Position location techniques and applications - Part 5: Cross-layering, cooperative networks & space-time processing

The use of multiple antennas such as the examples in the scenarios SIMO, MISO, and MIMO is a key feature in the concept of cooperation. When cooperation needs to be implemented in a reconfigurable network, such diversity can be obtained by coordinating several transmitters or receivers in order to achieve the same advantages as those for the MIMO channel (i.e., diversity). Another important issue to consider when looking into cooperative schemes is that not only physical layer performance must be measured, but also the effects and advantages of the coordination at higher layers to improve performance in an integral way in the network architecture.

In order to implement cooperative communications in reconfigurable networks, nodes must be organized in some logical way so that they recognize potential helpers as a cluster. Such a group of nodes can be commanded by an AP that can be fixed or mobile but has more processing capability; or the group of nodes could be coordinated by the node in need for a certain period of time during which cooperation must take place.

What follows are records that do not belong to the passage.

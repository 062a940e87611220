//! Laws of the bytes of what is shown: without the lines that are told, the trace is left.

ghost use Rattle.std.specs.Prelude.{◌≡◌, List, [], ◌++◌, codes};
ghost use Rattle.tb_galley.specs.declared.Galley.{Galley};
ghost use Rattle.tb_galley.specs.Valid.{IsValid};
ghost use Rattle.tb_report.specs.declared.Totals.{Totals};
ghost use Rattle.tb_steps.specs.Run.{run_of};
ghost use Rattle.tb_why.specs.WhyRun.{Shown, happened_among};
ghost use Rattle.tb_why.specs.Summary.{summary_lines};
ghost use Rattle.tb_why.specs.ShownLines.{all_event_lines, all_shown_lines, ending_lines, told_text};
ghost use Rattle.tb_why.specs.Told.{without_told};
ghost use Rattle.tb_why.specs.PlainNames.{ArePlainNames};

/// If no name has a line feed in it, the text of what is shown, without each line whose first word is one of those of what is
/// told, is the text of the events alone, byte for byte; and nothing is left of the summary.
pub fn without_told_lines_the_events_are_left()
    ensures events { (xs : List Shown) → ArePlainNames xs → without_told (all_shown_lines xs) ≡ all_event_lines (happened_among xs) }
    ensures summary { (xs : List Shown) → ArePlainNames xs → without_told (summary_lines xs) ≡ [] }
{}

/// Of all that is told of a valid galley, its events with the tales between them and the summary, each line whose first word is
/// one of those of what is told is left out: then the lines of the run's events are left, which are those of its trace, byte
/// for byte. So it is of the whole report, from its first line to the last ones, whatever totals these give.
pub fn without_told_lines_the_trace_is_left()
    ensures events { (g : Galley) → IsValid g → without_told (told_text g) ≡ all_event_lines (run_of g).events }
    ensures report { (g : Galley) (t : Totals) → IsValid g → without_told (codes "report 1\n" ++ (told_text g ++ ending_lines (run_of g).end t)) ≡ codes "report 1\n" ++ (all_event_lines (run_of g).events ++ ending_lines (run_of g).end t) }
{}
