impl<'a> Makeup<'a> {
    /// All of a galley is left for its first page. It fails only if memory runs out.
    pub fn new(alloc: Global, galley: &'a Galley) -> Result<Self, AllocError>
        requires params { AreRunParams galley.now.params }
        requires items { AreItems (makeup_classes galley.now.params) galley.now.items }
        requires nodes { AreRunNodes (first_makeup (made_up galley.now)) }
        requires few { node_total (first_makeup (made_up galley.now)) + 10 ≤ 7500000 }
        ensures state { IfOk result (λ r. state_of r ≡ first_makeup (made_up galley.now)) }
        ensures params { IfOk result (λ r. r.plain.params ≡ galley.now.params) }
        ensures ready { IfOk result IsReady }
    {
        let mut store = Lists::new(alloc);
        let classes = makeup_classes(alloc, &galley.params)?;
        let builder = new_builder(alloc, &mut store, classes.as_slice())?;
        let bound = NodeBound {
            most: MOST_NODES,
            acts: act_count(galley),
        };
        Ok(Makeup {
            store,
            builder,
            plain: new_plain(&galley.params),
            ask: makeup_ask(&galley.params),
            limit: galley.params.maxnodes,
            bound,
            left: Some(all_left(galley)),
        })
    }

    /// The ending if more nodes wait than `maxnodes`; those in insertions count too.
    pub fn node_limit(&self) -> Option<MakeupEnding>
        requires sound { IsSound self.now.builder self.now.store }
        requires few { node_count (held_in self.now).waiting ≤ 8388608 }
        requires void { box_count (held_in self.now).boxes ≡ 0 }
        ensures { result ≡ over_limit self.now.limit (node_count (held_in self.now).waiting) }
    {
        over_limit(self.waiting_nodes(), self.limit)
    }

    /// Makes the next page of what waits, and ships it; or, if nothing waits any more, ends the last page or the run.
    /// Returns how the run ends with it, if it does.
    ///
    /// `happened` holds the places that were tried, if `wanted` is set, and then the page that shipped, if one did; its list
    /// is the caller's until [`Self::done_with`]. What `happened` held before is gone. If memory runs out, the run cannot go
    /// on.
    pub fn turn(
        &mut self,
        wanted: bool,
        happened: &mut Vec<Happening>,
    ) -> Result<Option<MakeupEnding>, AllocError>
        requires { IsReady self.old }

        ensures turned { IfOk result (λ o. IsTurned wanted self.old happened.new.items o self.new) }
        ensures ready { IfOk result (λ o. IfNone o (IsReady self.new)) }
        ensures params { OnOk result (self.new.plain.params ≡ self.old.plain.params) }
        ensures live { OnOk result (IsLive self.new.store self.new.builder.page) }
        ensures pages { OnOk result (ArePages self.new.store happened.new.items) }
        ensures lists { IfOk result (λ o. IfNone o (AreHappened self.new happened.new.items)) }
    {
        happened.clear();
        match self.fill(wanted, happened)? {
            Some(page) => self.ship(page, happened),
            None => self.finish(),
        }
    }

    /// Closes the list of a page that was shipped, once it was written: its places in the store are free then. Other lists
    /// are as before.
    pub fn done_with(&mut self, happened: &[Happening])
        requires ready { IsReady self.old }
        requires lists { AreHappened self.old happened.now }

        ensures ready { IsReady self.new }
        ensures state { state_of self.new ≡ state_of self.old }
        ensures plain { self.new.plain ≡ self.old.plain }
        ensures closed { AllByRecursion (λ l. get self.new.store.lists l ≡ None) (happened_lists happened.now) }
        ensures others { (q : ℕ) → IsNoneOf q (happened_lists happened.now) → get self.new.store.lists q ≡ get self.old.store.lists q }
    {
        close_happened(&mut self.store, happened);
    }

    // Fills the next page of what waits, up to its firing or the end of what waits. The floats that are reached are taken.
    fn fill(
        &mut self,
        wanted: bool,
        happened: &mut Vec<Happening>,
    ) -> Result<Option<Page>, AllocError>
        requires ready { IsReady self.old }
        requires empty { happened.old.items ≡ [] }
        ensures { IfOk result (λ o. Fills wanted self.old o self.new happened.new.items) }
    {
        'next: loop {
            match self.next_event(wanted)? {
                Event::Try(tried) => note_try(happened, wanted, tried)?,
                Event::Act(act) => self.plain.act(&mut self.store, &mut self.builder, act)?,
                Event::Fired(page) => return Ok(Some(page)),
                Event::Empty => {
                    let Some(left) = self.left else {
                        return Ok(None);
                    };
                    self.supply(left)?;
                }
            }
        }
    }

    // Hands over more of the items that are left.
    fn supply(&mut self, left: MakeupLeft<'a>) -> Result<(), AllocError>
        requires sound { IsSound self.old.builder self.old.store }
        requires items { AreItems (built_in self.old).classes left.items.now }
        requires no_kern { ends_in_kern (built_in self.old).page ≡ false }
        ensures { OnOk result (IsSupplied left.entry self.old self.new) }
    {
        self.left = left.hand_over(&mut self.store, &mut self.builder)?;
        Ok(())
    }

    // The next event of the builder. Places that were tried are passed over unless `wanted` is set.
    fn next_event(&mut self, wanted: bool) -> Result<Event, AllocError>
        requires sound { IsSound self.old.builder self.old.store }
        requires fits { NextFits (built_in self.old) self.old.ask }
        requires none_held { (built_in self.old).held ≡ [] }
        ensures { IfOk result (λ e. HasComeTo wanted e self.old self.new) }
    {
        if wanted {
            return self.builder.next(&mut self.store, &self.ask);
        }
        self.builder.next_without_tries(&mut self.store, &self.ask)
    }

    // A page that fired ships, and what is put back waits.
    fn ship(
        &mut self,
        page: Page,
        happened: &mut Vec<Happening>,
    ) -> Result<Option<MakeupEnding>, AllocError>
        requires plain { IsPlain self.old.plain }
        requires can { CanFire self.old.builder self.old.store page }
        requires few { node_count (waiting_after self.old.plain.params (fired_whole self.old page)) ≤ 8388608 }
        requires void { box_count (with_void 254 (with_void 253 (held_in self.old).boxes)) ≡ 0 }
        requires bounded { IsBoundedPage page self.old }
        requires limit { self.old.limit ≤ℤ pos 4194304 }
        requires tries { AreTries happened.old.items }
        ensures { IfOk result (λ o. Ships page self.old o self.new happened.old.items happened.new.items) }
    {
        match self.plain.fire(&mut self.store, &mut self.builder, page) {
            Ok(made) => {
                self.put_back(made.put_back);
                note_sent(happened, sent_page(&made))?;
                Ok(self.limit_after_page())
            }
            Err(PlainFault::PageLimit { pages }) => Ok(Some(MakeupEnding::PageLimit { pages })),
            Err(PlainFault::Memory) => Err(AllocError),
        }
    }

    // How many nodes wait, with those of the items that are left.
    fn waiting_nodes(&self) -> u64
        requires sound { IsSound self.now.builder self.now.store }
        requires few { node_count (held_in self.now).waiting ≤ 8388608 }
        requires void { box_count (held_in self.now).boxes ≡ 0 }
        ensures { result ≡ node_count (held_in self.now).waiting }
    {
        self.builder.nodes(&self.store) + nodes_left(&self.left)
    }

    // The ending if more nodes wait than `maxnodes` after a page. They are counted only if the bound on them is more than
    // `maxnodes`. The bound is then their number and what their acts can add.
    fn limit_after_page(&mut self) -> Option<MakeupEnding>
        requires sound { IsSound self.old.builder self.old.store }
        requires few { node_count (held_in self.old).waiting ≤ 8388608 }
        requires void { box_count (held_in self.old).boxes ≡ 0 }
        requires empty { (held_in self.old).page ≡ [] }
        requires bounded { IsBounded 10 (state_of self.old) self.old.bound }
        requires limit { self.old.limit ≤ℤ pos 4194304 }
        ensures limit { result ≡ over_limit self.old.limit (node_count (held_in self.old).waiting) }
        ensures same { self.new ≡ record self.old { bound = self.new.bound } }
        ensures bounded { IfNone result (IsBounded 0 (state_of self.new) self.new.bound) }
    {
        self.bound.most += ADDED_NODES;
        if !exceeds(self.bound.most, self.limit) {
            return None;
        }
        let count = self.waiting_nodes();
        self.bound.most = count + ACT_NODES * self.bound.acts;
        over_limit(count, self.limit)
    }

    // Puts the nodes of a list back before what waits, and closes the list.
    fn put_back(&mut self, list: ListId)
        requires sound { IsSound self.old.builder self.old.store }
        requires awaits { NoPage (built_in self.old) }
        requires joins { ListJoins (ids_of self.old.builder) self.old.store list }
        ensures sound { IsSound self.new.builder self.new.store }
        ensures contents { built_in self.new ≡ record (built_in self.old) {
          waiting = (built_in self.old).held ++ (plain_list self.old.store list ++ (built_in self.old).waiting);
          held = [];
        } }
        ensures others { (q : ℕ) → q ≢ list → Lacks q (owned (ids_of self.old.builder) self.old.store) → get self.new.store.lists q ≡ get self.old.store.lists q }
        ensures keeps { (q : ℕ) → Lacks q (owned (ids_of self.old.builder) self.old.store ++ inner_ids (list_at self.old.store list)) → Lacks q (owned (ids_of self.new.builder) self.new.store) }
        ensures plain { self.new.plain ≡ self.old.plain }
        ensures ask { self.new.ask ≡ self.old.ask }
        ensures limit { self.new.limit ≡ self.old.limit }
        ensures bound { self.new.bound ≡ self.old.bound }
        ensures left { self.new.left ≡ self.old.left }
    {
        self.builder.put_back(&mut self.store, list);
        self.store.close(list);
    }

    // Nothing waits: the run is done, unless the page has a node; then the page is ended.
    fn finish(&mut self) -> Result<Option<MakeupEnding>, AllocError>
        requires sound { IsSound self.old.builder self.old.store }
        requires over { (built_in self.old).waiting ≡ [] }
        ensures { IfOk result (λ o. Finishes self.old o self.new) }
    {
        if self.store.len(self.builder.on_page()) == 0 {
            return Ok(Some(MakeupEnding::Done));
        }
        self.eject()?;
        Ok(None)
    }

    // Appends what ends a page that has a node to the waiting nodes (TeX: The Program §1054).
    fn eject(&mut self) -> Result<(), AllocError>
        requires sound { IsSound self.old.builder self.old.store }
        requires over { (built_in self.old).waiting ≡ [] }
        ensures { OnOk result (Ejects self.old self.new) }
    {
        let blank = Kind::Hbox {
            what: What::Blank,
            height: 0,
            depth: 0,
        };
        self.contribute(blank)?;
        self.contribute(Kind::Skip(clearing_glue()))?;
        self.contribute(Kind::Pen(LAST_PENALTY))
    }

    // Appends a node that no item gives (line 0) to the waiting nodes.
    fn contribute(&mut self, kind: Kind) -> Result<(), AllocError>
        requires sound { IsSound self.old.builder self.old.store }
        requires lone { inner_of kind ≡ None }
        requires may_wait { MayWait (built_in self.old) (lone 0 kind) }
        ensures { OnOk result (Contributes (lone 0 kind) self.old self.new) }
    {
        self.builder
            .contribute(&mut self.store, Node { line: 0, kind })
    }
}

In Scaglione et al. [72], a discussion of these fundamental principles is introduced, where BER and outage are chosen as performance metrics. They compare the noncooperative transmission versus the cooperative scenario, considering in principle a synchronous system with the amplify-and-forward strategy, as well as a comparison with the decode-and-forward strategy. It is shown that cooperation has advantages over noncooperative methods. Also, they discuss the issue of cooperation as a networking strategy to improve performance with influence and effects on lower layers, such that the concept of an end-to-end link remains to be well defined.

In Hong et al. [35], cooperative schemes with the objective of improving performance by relaying information through several nodes in the network and optimally allocating power and bandwidth are introduced. In order to achieve such cooperation, channel state information is used. Hong et al. also recommend defining strategies to consider the channel state information estimation improvement to achieve better power allocation.

Cooperation in multihop wireless networks is still an open issue to be studied and needs to be considered within the cross-layering framework together with the end-to-end link abstraction. Cooperative schemes increase the communication cost in the network, and strategies to decrease this cost as well as their robustness to time-varying characteristics, such as network topology, need to be investigated.

In general, nodes in the network must be able to decide by themselves whether to accept a relaying request. This would lead to a noncooperative or cooperative scheme depending on the decision taken by those nodes. The decision-making process must depend on variables such as environment and internal energy, since ultimately, it will determine the degree to which relaying can take place.

In Srinivasan et al. [73], a network with this idea of considering remaining energy in the nodes is introduced, and an algorithm to determine the optimal proportion of cooperation that each node should receive is formulated. The results show that such an algorithm converges to the optimal operation point. The remaining energy is considered by dividing the nodes in the network into classes where each class has an energy constraint and an expected lifetime. The results are presented by formulating a game theory framework for the algorithm.

The notion of topology organization is also helpful in establishing cooperative algorithms in reconfigurable networks. Nodes can be organized in clusters, and then each of those groups can determine which nodes will serve as intercluster communicators. In del Coso et al. [16], an algorithm that considers cooperative diversity using MIMO channels in wireless sensor networks is presented, time is slotted, and one of the time slots is used for internal communication in the clusters and another time slot is used for intercluster communication.

Energy constraints are also used in each of the links belonging to the end-to-end communication, and the algorithm achieves minimum outage probability in the entire trajectory by deriving the optimum times at which intra- or inter-cluster communication must take place at every hop as well as the power allocation in the route. The results show that diversity like that presented for MIMO channels is achieved using this algorithm.